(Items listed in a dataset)
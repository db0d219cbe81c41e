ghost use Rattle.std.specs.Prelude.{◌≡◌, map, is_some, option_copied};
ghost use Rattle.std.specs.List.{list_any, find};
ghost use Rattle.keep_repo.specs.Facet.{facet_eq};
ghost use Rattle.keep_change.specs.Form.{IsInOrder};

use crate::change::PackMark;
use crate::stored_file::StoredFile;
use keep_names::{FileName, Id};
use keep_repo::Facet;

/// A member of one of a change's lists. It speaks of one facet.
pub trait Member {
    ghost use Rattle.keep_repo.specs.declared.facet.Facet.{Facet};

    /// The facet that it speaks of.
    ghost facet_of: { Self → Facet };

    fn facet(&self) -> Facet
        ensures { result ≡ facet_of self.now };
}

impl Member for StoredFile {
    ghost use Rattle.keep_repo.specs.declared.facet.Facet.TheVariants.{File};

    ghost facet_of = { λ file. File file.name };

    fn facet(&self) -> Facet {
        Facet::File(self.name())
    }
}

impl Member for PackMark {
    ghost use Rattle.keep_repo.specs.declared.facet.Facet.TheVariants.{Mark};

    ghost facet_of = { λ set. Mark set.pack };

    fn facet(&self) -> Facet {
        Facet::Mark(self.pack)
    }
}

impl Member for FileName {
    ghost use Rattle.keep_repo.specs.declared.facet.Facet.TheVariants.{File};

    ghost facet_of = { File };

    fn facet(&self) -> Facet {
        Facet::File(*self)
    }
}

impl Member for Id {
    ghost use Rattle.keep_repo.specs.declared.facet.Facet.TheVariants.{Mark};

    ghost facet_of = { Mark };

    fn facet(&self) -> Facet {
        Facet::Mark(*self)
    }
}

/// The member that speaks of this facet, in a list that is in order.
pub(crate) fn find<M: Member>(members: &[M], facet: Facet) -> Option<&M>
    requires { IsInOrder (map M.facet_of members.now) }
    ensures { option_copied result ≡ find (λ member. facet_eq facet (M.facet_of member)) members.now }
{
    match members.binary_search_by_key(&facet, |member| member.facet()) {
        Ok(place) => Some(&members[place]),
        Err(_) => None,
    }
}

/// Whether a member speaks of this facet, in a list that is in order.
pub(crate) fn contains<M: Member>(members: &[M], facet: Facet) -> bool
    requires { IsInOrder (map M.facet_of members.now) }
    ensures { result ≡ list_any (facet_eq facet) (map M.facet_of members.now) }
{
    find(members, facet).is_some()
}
--
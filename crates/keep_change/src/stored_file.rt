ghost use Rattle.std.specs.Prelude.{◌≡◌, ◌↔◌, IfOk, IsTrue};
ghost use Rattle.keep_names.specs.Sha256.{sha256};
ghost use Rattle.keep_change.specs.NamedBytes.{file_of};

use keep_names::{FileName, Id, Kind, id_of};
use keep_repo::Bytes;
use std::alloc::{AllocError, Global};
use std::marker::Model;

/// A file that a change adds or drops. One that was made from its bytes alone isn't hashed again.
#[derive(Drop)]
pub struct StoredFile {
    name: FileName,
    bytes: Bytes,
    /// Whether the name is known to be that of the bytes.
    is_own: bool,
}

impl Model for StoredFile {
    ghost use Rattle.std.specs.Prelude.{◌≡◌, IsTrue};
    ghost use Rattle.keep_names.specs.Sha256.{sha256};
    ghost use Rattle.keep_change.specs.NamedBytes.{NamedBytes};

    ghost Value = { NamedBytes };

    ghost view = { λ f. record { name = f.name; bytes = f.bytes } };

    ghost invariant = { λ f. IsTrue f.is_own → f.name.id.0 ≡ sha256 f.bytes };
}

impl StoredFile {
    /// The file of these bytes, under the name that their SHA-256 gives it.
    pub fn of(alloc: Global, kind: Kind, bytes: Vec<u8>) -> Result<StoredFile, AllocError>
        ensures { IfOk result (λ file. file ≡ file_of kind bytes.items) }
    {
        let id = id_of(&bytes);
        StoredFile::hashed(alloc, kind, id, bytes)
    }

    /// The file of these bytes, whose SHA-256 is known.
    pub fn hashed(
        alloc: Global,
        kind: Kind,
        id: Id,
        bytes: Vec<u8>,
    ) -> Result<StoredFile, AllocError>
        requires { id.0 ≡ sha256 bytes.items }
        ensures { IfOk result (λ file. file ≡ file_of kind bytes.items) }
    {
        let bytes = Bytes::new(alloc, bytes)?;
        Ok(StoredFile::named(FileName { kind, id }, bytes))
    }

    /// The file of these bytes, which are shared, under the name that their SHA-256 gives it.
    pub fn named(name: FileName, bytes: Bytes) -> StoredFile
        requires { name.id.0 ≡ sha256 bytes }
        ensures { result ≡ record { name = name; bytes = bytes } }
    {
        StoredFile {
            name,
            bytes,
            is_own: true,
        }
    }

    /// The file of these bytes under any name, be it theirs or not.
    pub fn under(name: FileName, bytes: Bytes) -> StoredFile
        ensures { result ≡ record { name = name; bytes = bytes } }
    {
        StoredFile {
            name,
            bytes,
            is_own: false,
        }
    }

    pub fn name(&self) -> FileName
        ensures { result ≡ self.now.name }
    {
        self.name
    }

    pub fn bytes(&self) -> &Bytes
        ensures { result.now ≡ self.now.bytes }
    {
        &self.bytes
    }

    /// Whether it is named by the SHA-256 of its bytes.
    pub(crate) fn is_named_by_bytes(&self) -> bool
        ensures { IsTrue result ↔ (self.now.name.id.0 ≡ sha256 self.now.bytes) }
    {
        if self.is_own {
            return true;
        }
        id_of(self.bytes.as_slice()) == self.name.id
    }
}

## The problem
Would you print, exactly as written, every line above from the one holding "repository db0d219cbe81c41e" through the one holding "Whether a member", with both included and no other lines?

## Finished exercise
repository db0d219cbe81c41e
ghost use Rattle.std.specs.Prelude.{◌≡◌, map, is_some, option_copied};
ghost use Rattle.std.specs.List.{list_any, find};
ghost use Rattle.keep_repo.specs.Facet.{facet_eq};
ghost use Rattle.keep_change.specs.Form.{IsInOrder};

use crate::change::PackMark;
use crate::stored_file::StoredFile;
use keep_names::{FileName, Id};
use keep_repo::Facet;

/// A member of one of a change's lists. It speaks of one facet.
pub trait Member {
    ghost use Rattle.keep_repo.specs.declared.facet.Facet.{Facet};

    /// The facet that it speaks of.
    ghost facet_of: { Self → Facet };

    fn facet(&self) -> Facet
        ensures { result ≡ facet_of self.now };
}

impl Member for StoredFile {
    ghost use Rattle.keep_repo.specs.declared.facet.Facet.TheVariants.{File};

    ghost facet_of = { λ file. File file.name };

    fn facet(&self) -> Facet {
        Facet::File(self.name())
    }
}

impl Member for PackMark {
    ghost use Rattle.keep_repo.specs.declared.facet.Facet.TheVariants.{Mark};

    ghost facet_of = { λ set. Mark set.pack };

    fn facet(&self) -> Facet {
        Facet::Mark(self.pack)
    }
}

impl Member for FileName {
    ghost use Rattle.keep_repo.specs.declared.facet.Facet.TheVariants.{File};

    ghost facet_of = { File };

    fn facet(&self) -> Facet {
        Facet::File(*self)
    }
}

impl Member for Id {
    ghost use Rattle.keep_repo.specs.declared.facet.Facet.TheVariants.{Mark};

    ghost facet_of = { Mark };

    fn facet(&self) -> Facet {
        Facet::Mark(*self)
    }
}

/// The member that speaks of this facet, in a list that is in order.
pub(crate) fn find<M: Member>(members: &[M], facet: Facet) -> Option<&M>
    requires { IsInOrder (map M.facet_of members.now) }
    ensures { option_copied result ≡ find (λ member. facet_eq facet (M.facet_of member)) members.now }
{
    match members.binary_search_by_key(&facet, |member| member.facet()) {
        Ok(place) => Some(&members[place]),
        Err(_) => None,
    }
}

/// Whether a member speaks of this facet, in a list that is in order.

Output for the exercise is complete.